Apóyanos

Algo del laberinto de Herrera Luque

    • X
    • Facebook
    • Whatsapp
    • Telegram
    • Linkedin
    • Email
  • X
  • Facebook
  • Whatsapp
  • Telegram
  • Linkedin
  • Email

Por ALFREDO SCHAEL

Son 30 años del fallecimiento de uno de nuestros escritores más leídos en Venezuela y el mundo. También entre los grandes personajes residentes del municipio Chacao.

En diciembre de 1966, Francisco Herrera Luque (Caracas, 1927/1991) estrenó un Oldsmobile ocho cilindros en V, cuatro puertas, escogido entre la gama ofrecida por don José Mateu en la Compañía Nacional de Automóviles C. A., establecimiento con historia situado en Puente Hierro.

Cuando llegó a la casa en la Avenida 12 de Altamira, no pasó desapercibido el vecino con carro americano nuevo utilizado un par de días antes de Navidad para con María Margarita ir a comprar el Niño Jesús en Juguetelandia. De vuelta en Altamira, tuvieron la ingenuidad de dejar los regalos en la maleta del carro para que los muchachos ni sospecharan las sorpresas que les aguardaban.

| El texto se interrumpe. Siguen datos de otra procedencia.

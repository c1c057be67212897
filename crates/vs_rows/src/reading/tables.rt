//! The reading of a table, row by row.

ghost use Rattle.std.specs.Prelude.{◌≡◌, ◌≤◌, ◌<◌, List, [], ◌∷◌, ◌++◌, length, map, IfOk, IfErr, OnOk};
ghost use Rattle.vs_rows.specs.DocumentRows.{permitted_trips};
ghost use Rattle.vs_rows.specs.PriceOrder.{PriceOf, Trip, Vehicle, prices_from};
ghost use Rattle.vs_rows.specs.RowForms.{IsInput};
ghost use Rattle.vs_rows.specs.TableReading.{IsEmptyTable, IsNoTable, IsWrongAt, ReadsFleet, ReadsKind};
ghost use Rattle.vs_rows.specs.TableReading.{ReadsLayer, ReadsPrice, ReadsPrices, ReadsTable};
ghost use Rattle.vs_rows.specs.declared.limits.TheConstants.{MAX_NUMBER};

use crate::forms;
use crate::reading::prices::{read_fleet, read_price};
use crate::wrong::TableError;
use std::alloc::Global;
use vs_prices::Table;
use vs_reader::Input;
use vs_types::{LayerNo, Memory, TripNo};

/// The table that stands from a row on behind `before` others, and the row behind it. Prices for trips that a layer may
/// not run, which no row gives, are 0.
pub fn read_table(
    alloc: Global,
    input: &Input,
    at: usize,
    before: usize,
) -> Result<(Table, usize), TableError>
    requires input { IsInput input.now }
    requires row { at ≤ length input.now.rest }
    requires before { before ≤ MAX_NUMBER }
    ensures found { IfOk result (λ r. ReadsTable input.now at before r.1 r.0) }
    ensures refused { IfErr result (IsNoTable input.now at before) }
{
    let ray = read_kind(input, at, before)?;
    let mut table = empty_table(alloc, input, ray)?;
    let mut next = at + 1;
    for l in 0..input.instance.layers() {
        next = read_layer(input, next, LayerNo(l), &mut table)?;
    }
    Ok((table, next))
}

/// Whether the table that begins at a row, behind so many others, is a ray.
fn read_kind(input: &Input, row: usize, before: usize) -> Result<bool, TableError>
    requires row { row ≤ length input.now.rest }
    requires before { before ≤ MAX_NUMBER }
    ensures found { IfOk result (ReadsKind input.now row before) }
    ensures refused { IfErr result (IsNoTable input.now row before) }
{
    if row >= input.rest.len() {
        return Err(TableError::NoTable);
    }
    let Some((number, ray)) = forms::table(&input.rest, row) else {
        return Err(TableError::NoTable);
    };
    if number as usize != before + 1 {
        return Err(TableError::Number);
    }
    Ok(ray)
}

/// A table without prices, and with room for those of all layers and trips.
fn empty_table(alloc: Global, input: &Input, ray: bool) -> Result<Table, Memory>
    ensures { IfOk result (IsEmptyTable ray) }
{
    let layers = input.names.layers();
    let prices = layers.saturating_mul(input.names.trips());
    Ok(Table {
        into: Vec::with_capacity(alloc, prices)?,
        from: Vec::with_capacity(alloc, prices)?,
        fleet: Vec::with_capacity(alloc, layers)?,
        ray,
    })
}

/// Reads the rows of a layer, puts its prices at the end of those of the table, and answers the row behind them.
fn read_layer(input: &Input, at: usize, l: LayerNo, table: &mut Table) -> Result<usize, TableError>
    requires input { IsInput input.now }
    requires row { at ≤ length input.now.rest }
    requires layer { l.0 < length input.now.instance.layers }
    ensures found { IfOk result (λ next. ReadsLayer input.now at l.0 next table.old table.new) }
    ensures refused { IfErr result (IsWrongAt input.now at (prices_from input.now.instance l.0)) }
{
    let price = fleet_at(input, at, l)?;
    table.fleet.push(price)?;
    read_prices(input, at + 1, l, table)
}

/// Reads the rows of prices of a layer's trips, and answers the row behind them. The prices of all trips are put at the
/// end of those of the table.
fn read_prices(input: &Input, at: usize, l: LayerNo, table: &mut Table) -> Result<usize, TableError>
    requires input { IsInput input.now }
    requires row { at ≤ length input.now.rest }
    requires layer { l.0 < length input.now.instance.layers }
    ensures found { IfOk result (λ next. ReadsPrices input.now at l.0 next table.old table.new) }
    ensures refused { IfErr result (λ e. (later : List PriceOf) → IsWrongAt input.now at
        (map (Trip l.0) (permitted_trips input.now.instance l.0) ++ later) e) }
{
    let mut next = at;
    for i in 0..input.instance.trips() {
        let trip = TripNo(i);
        let may = input.instance.trip(trip).layers.has(l);
        let mut prices = (0, 0);
        if may {
            prices = price_at(input, next, l, trip)?;
            next += 1;
        }
        add_trip(table, prices.0, prices.1)?;
    }
    Ok(next)
}

/// The price of a vehicle of layer l, or at which row it isn't given.
fn fleet_at(input: &Input, row: usize, l: LayerNo) -> Result<i64, TableError>
    requires { row ≤ length input.now.rest }
    ensures found { IfOk result (ReadsFleet input.now row l.0) }
    ensures refused { IfErr result (λ e. (later : List PriceOf)
        → IsWrongAt input.now row (Vehicle l.0 ∷ later) e) }
{
    match read_fleet(input, row, l) {
        Ok(price) => Ok(price),
        Err(why) => Err(TableError::Prices { row, why }),
    }
}

/// The prices of trip i in layer l, or at which row they aren't given.
fn price_at(input: &Input, row: usize, l: LayerNo, i: TripNo) -> Result<(i64, i64), TableError>
    requires { row ≤ length input.now.rest }
    ensures found { IfOk result (ReadsPrice input.now row l.0 i.0) }
    ensures refused { IfErr result (λ e. (later : List PriceOf)
        → IsWrongAt input.now row (Trip l.0 i.0 ∷ later) e) }
{
    match read_price(input, row, l, i) {
        Ok(prices) => Ok(prices),
        Err(why) => Err(TableError::Prices { row, why }),
    }
}

/// Puts the prices of one more trip at the end of those of the table.
fn add_trip(table: &mut Table, into: i64, from: i64) -> Result<(), Memory>
    ensures into { OnOk result (table.new.into.items ≡ table.old.into.items ++ into ∷ []) }
    ensures from { OnOk result (table.new.from.items ≡ table.old.from.items ++ from ∷ []) }
    ensures fleet { table.new.fleet.items ≡ table.old.fleet.items }
    ensures ray { table.new.ray ≡ table.old.ray }
{
    table.into.push(into)?;
    table.from.push(from)?;
    Ok(())
}
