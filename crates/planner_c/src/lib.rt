// What a host calls: the functions of `planner`, each with its clauses, as symbols of a static library. C has no `Result`:
// each answer is a number.
#![tactic(auto)]

ghost use Rattle.std.specs.Prelude.{◌≡◌, ◌^◌, ◌<◌, IfOk};
ghost use Rattle.sheet.specs.Refusal.{refusal_of};
ghost use Rattle.solomon_import.specs.Import.{import_answer, ImportAnswered, ImportAccepted};
ghost use Rattle.tariff_bill.specs.Bill.{BillAnswered, BillExact};
ghost use Rattle.crews_deal.specs.Rounds.{DealAnswered, DealShared, DealEven, DealBounded};
ghost use Rattle.planner.specs.Answer.{Answered, Once, Feasibly, Lawful, Alone, Closed};
ghost use Rattle.planner.specs.Limited.{LimitAnswered, LimitOnce, LimitFew, LimitStood, LimitAside};
ghost use Rattle.planner.specs.Reasoned.{Reasoned, LimitReasoned};

use sheet::refusal;
use sheet::refusal::Refusal;

// Whether a sheet would be planned into a buffer of `plan_len` bytes: 0, or the number of the refusal.
#[unsafe(no_mangle)]
pub extern "C" fn check_sheet(sheet: &[u8], plan_len: usize) -> u32
    ensures { result ≡ refusal_of sheet.now plan_len }
{
    let answer = planner::check_sheet(sheet, plan_len);
    refusal::number(answer)
}

// Plans a sheet's rounds: 0 and the plan, or the number of the refusal and every byte of `plan` as it was.
#[unsafe(no_mangle)]
pub extern "C" fn plan_rounds(sheet: &[u8], plan: &mut [u8]) -> u32
    ensures answered { Answered sheet.now plan.old result plan.new }
    ensures once { Once sheet.now result plan.new }
    ensures feasibly { Feasibly sheet.now result plan.new }
    ensures lawful { Lawful sheet.now result plan.new }
    ensures alone { Alone sheet.now result plan.new }
    ensures closed { Closed sheet.now result plan.new }
    ensures reasoned { Reasoned sheet.now result plan.new }
{
    let answer = planner::plan_rounds(sheet, plan);
    refusal::number(answer)
}

// Brings a plan down to at most `greatest` rounds: 0 and the plan out, or the number of the refusal and every byte of
// `plan_out` as it was.
#[unsafe(no_mangle)]
pub extern "C" fn limit_rounds(
    sheet: &[u8],
    plan_in: &[u8],
    greatest: u32,
    plan_out: &mut [u8],
) -> u32
    ensures limit_answered { LimitAnswered sheet.now plan_in.now greatest plan_out.old result plan_out.new }
    ensures limit_once { LimitOnce sheet.now result plan_out.new }
    ensures limit_few { LimitFew sheet.now greatest result plan_out.new }
    ensures limit_stood { LimitStood sheet.now plan_in.now result plan_out.new }
    ensures limit_aside { LimitAside sheet.now plan_in.now result plan_out.new }
    ensures limit_reasoned { LimitReasoned sheet.now plan_in.now result plan_out.new }
{
    let answer = planner::limit_rounds(sheet, plan_in, greatest, plan_out);
    refusal::number(answer)
}

// The sheet's length, or the refusal's number below zero.
fn returned(answer: Result<usize, Refusal>) -> i32
    requires { IfOk answer (λ long. long < 2 ^ 31) }
    ensures { result ≡ import_answer answer }
{
    match answer {
        Ok(long) => long as i32,
        Err(refusal) => -(refusal as i32),
    }
}

// Imports one of Solomon's texts: the sheet's length, and the sheet at the start of `sheet`, or the refusal's number below
// zero and every byte of `sheet` as it was.
#[unsafe(no_mangle)]
pub extern "C" fn import_solomon(text: &[u8], sheet: &mut [u8]) -> i32
    ensures import_answered { ImportAnswered text.now sheet.old result sheet.new }
    ensures import_accepted { ImportAccepted result sheet.new }
{
    let answer = planner::import_solomon(text, sheet);
    returned(answer)
}

// Bills a plan's rounds: 0 and the bill, or the number of the refusal and every byte of `bill` as it was.
#[unsafe(no_mangle)]
pub extern "C" fn bill_rounds(
    sheet: &[u8],
    plan: &[u8],
    distance_rate: u32,
    duration_rate: u32,
    least: u32,
    bill: &mut [u8],
) -> u32
    ensures bill_answered { BillAnswered sheet.now plan.now (record { distance = distance_rate; duration = duration_rate; least = least }) bill.old result bill.new }
    ensures bill_exact { BillExact sheet.now plan.now (record { distance = distance_rate; duration = duration_rate; least = least }) result bill.new }
{
    let answer = planner::bill_rounds(sheet, plan, distance_rate, duration_rate, least, bill);
    refusal::number(answer)
}

// Deals a plan's rounds to crews: 0 and the deal, or the number of the refusal and every byte of `deal` as it was.
#[unsafe(no_mangle)]
pub extern "C" fn deal_rounds(sheet: &[u8], plan: &[u8], crews: u32, deal: &mut [u8]) -> u32
    ensures deal_answered { DealAnswered sheet.now plan.now crews deal.old result deal.new }
    ensures deal_shared { DealShared sheet.now plan.now crews result deal.new }
    ensures deal_even { DealEven sheet.now plan.now crews result deal.new }
    ensures deal_bounded { DealBounded sheet.now plan.now crews result deal.new }
{
    let answer = planner::deal_rounds(sheet, plan, crews, deal);
    refusal::number(answer)
}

Pero a la mañana siguiente apenas bajaron a desayunar, la mucama española tenía embuchada la noticia de que durante la noche alguien se llevó el flamante sedán blanco. Casi sin rodaje, apenas estrenado y poco disfrutado, los Herrera-Terán perdieron para siempre aquel vehículo que tardarían en reponer mediante la compra de otro que pondría fin a la subordinación casi total a “carros libres”.

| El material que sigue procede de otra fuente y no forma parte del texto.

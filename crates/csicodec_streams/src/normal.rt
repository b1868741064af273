//! The normal forms that are known.

use csicodec_transform::Note;

/// The note that is the normal form of a sequence.
#[derive(Drop)]
pub struct Normal;

impl Note for Normal {
    ghost use Rattle.csicodec_streams.specs.Known.{IsNormal};

    ghost notes = { λ bytes text. IsNormal bytes text };
}
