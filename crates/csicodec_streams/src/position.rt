//! What passes as it came: positions of the cursor that are their own normal form.
ghost use Rattle.std.specs.Prelude.{◌≡◌, ◌<◌, ◌≤◌, ◌++◌, ℕ, true, length, take, OnErr, OnOk};
ghost use Rattle.csicodec_tokens.specs.Digits.{AreDigits, IsDigit};
ghost use Rattle.csicodec_streams.specs.{Known.IsNormal, Known.IsPosition, Private.Steps.IsNumber};

use csicodec_base::TextBuffer;
use csicodec_transform::WIDE;
use std::alloc::AllocError;

fn is_digit(byte: u8) -> bool
    ensures { result ≡ true → IsDigit byte }
{
    b'0' <= byte && byte <= b'9'
}

/// How many digits stand in front, five at most.
#[inline(never)]
fn more_len(bytes: &[u8]) -> usize
    ensures digits { AreDigits (take result bytes.now) }
    ensures within { result ≤ length bytes.now }
    ensures few { result ≤ 5 }
{
    let mut len = 0;
    while len < 5 && len < bytes.len() && is_digit(bytes[len]) {
        len += 1;
    }
    len
}

/// How many digits stand in front, eight at most.
#[inline(always)]
fn digits_len(bytes: &[u8]) -> usize
    ensures digits { AreDigits (take result bytes.now) }
    ensures within { result ≤ length bytes.now }
    ensures few { result ≤ 8 }
{
    let [first, others @ ..] = bytes else {
        return 0;
    };
    if !is_digit(*first) {
        return 0;
    }
    match others {
        [second, third, more @ ..] if is_digit(*second) && is_digit(*third) => 3 + more_len(more),
        [second, ..] if is_digit(*second) => 2,
        _ => 1,
    }
}

/// How many digits the number in front has: one to nine, the first of them not 0, and one by itself not below `least`. 0 where none
/// stands there.
#[inline(always)]
fn number_len(least: u8, bytes: &[u8]) -> usize
    ensures number { 0 < result → IsNumber (take result bytes.now) }
    ensures within { result ≤ length bytes.now }
    ensures few { result ≤ 9 }
{
    let [first, others @ ..] = bytes else {
        return 0;
    };
    let behind = digits_len(others);
    if *first < b'1' || b'9' < *first || behind == 0 && *first < least {
        return 0;
    }
    1 + behind
}

/// The same as [`position_len`].
#[inline(always)]
fn placed_len(least: u8, bytes: &[u8]) -> usize
    ensures own { 0 < result → IsPosition (take result bytes.now) }
    ensures within { result ≤ length bytes.now }
    ensures short { result ≤ 48 }
{
    let [0x1b, b'[', list @ ..] = bytes else {
        return 0;
    };
    let line = number_len(least, list);
    let [b';', behind @ ..] = list.split_at(line).1 else {
        return 0;
    };
    let column = number_len(least, behind);
    if line == 0 || column == 0 {
        return 0;
    }
    match behind.split_at(column).1 {
        [b'H', ..] => line + column + 4,
        [b'f', ..] => line + column + 4,
        _ => 0,
    }
}

/// How many bytes the position in front has, of CUP or HVP: `ESC [`, a line, `;`, a column, and `H` or `f`, each number from 1 to
/// 999999999 and without a 0 in front. One of a single digit isn't below `least`. 0 where it finds
/// none.
#[inline(always)]
pub fn position_len(least: u8, bytes: &[u8]) -> usize
    ensures own { 0 < result → IsPosition (take result bytes.now) }
    ensures within { result ≤ length bytes.now }
    ensures short { result ≤ 48 }
{
    // A length that is known is compared once.
    match bytes.first_chunk::<WIDE>() {
        Some(front) => placed_len(least, front),
        None => placed_len(least, bytes),
    }
}

/// Appends so many of the first bytes: by one copy of a fixed length where they are few, and others stand behind them. On `Err`, out of memory, the bytes stay.
#[inline(always)]
pub fn append_front(bytes: &[u8], len: usize, out: &mut TextBuffer) -> Result<(), AllocError>
    requires { len ≤ length bytes.now }
    ensures ok { OnOk result (out.new ≡ out.old ++ take len bytes.now) }
    ensures err { OnErr result (out.new ≡ out.old) }
{
    match bytes.first_chunk::<WIDE>() {
        Some(front) if len <= WIDE => out.push_front(front, len),
        _ => out.push_slice(bytes.split_at(len).0),
    }
}

/// Appends the position in front, its own normal form, and answers how many bytes it has; 0 where none stands there, or without memory.
#[inline(never)]
pub(crate) fn take_position(bytes: &[u8], out: &mut TextBuffer) -> usize
    ensures own { 0 < result → IsNormal (take result bytes.now) (take result bytes.now)
        × (out.new ≡ out.old ++ take result bytes.now) }
    ensures none { result ≡ 0 → out.new ≡ out.old }
    ensures within { result ≤ length bytes.now }
    ensures short { result ≤ 48 }
{
    let len = position_len(b'1', bytes);
    if len == 0 {
        return 0;
    }
    match append_front(bytes, len, out) {
        Ok(()) => len,
        Err(_) => 0,
    }
}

Era rígido, exigente en la educación de sus hijos, estudiantes del Colegio Santiago de León de Caracas. Los varones siempre se quejaban de la rigidez del padre pero la hembra fue muy consentida. “Nuestros cinco hijos fueron criados con mucho amor, esfuerzo, en un hogar lleno de valores morales y sobre todo donde se les inculcó amor por el país”, recuerda María Margarita Terán, viuda de Francisco Herrera Luque.

Cuando en 1963 fijaron residencia en la parte alta de Altamira, las obras de la Cota Mil eran el patio de recreo de la muchachera de la zona. Regresaba a sus respectivas casas totalmente entierrada de pies a cabeza, contentísima por las experiencias de jugar con absoluta libertad entre los canjilones y terraplenes mientras duró la construcción de la avenida que no pocos inconvenientes significó hasta su apertura al tránsito.

Según María Margarita, la personalidad de su esposo “estaba formada por un tríptico: querer (disposición a ser); poder (tener capacidad de hacer) y hacer (llevarlo a cabo), acompañada de tres exigencias: silencio, cigarrillo y café”.

En la intimidad era disciplinado, reflexivo, con buen humor; disfrutaba de la buena mesa y puntual hasta la exageración. Le desesperaba la impuntualidad del venezolano. En los pocos ratos libres o de ocio jugaba tiro al blanco con un arco, ajedrez y lo entretenía la jardinería. También le apasionó el cine.

Muy joven asumió el compromiso de revisar la historia oral referida por su abuelo Andrés Herrera Vegas (1871/1948), distinta de la enseñada en las escuelas, de la historia oficial. Eso lo vuelca a investigar los hechos hasta encontrar cómo sucedieron, cuál era la auténtica personalidad de los personajes y cómo eran los escenarios en los cuales tuvieron lugar los grandes acontecimientos nacionales, asegura María Margarita.

En la juventud le interesó la ciencia pero también el humanismo, la cultura, el mundo de las ideas y del pensamiento universal. La influencia del padre, el psiquiatra Francisco Herrera Guerrero (Caracas 1902/España 1950), determinó los estudios de medicina (1946/1953) pero una vez en el oficio lo enamoró la psiquiatría (1954/55), factor determinante y presente en toda su obra como investigador y hombre de letras.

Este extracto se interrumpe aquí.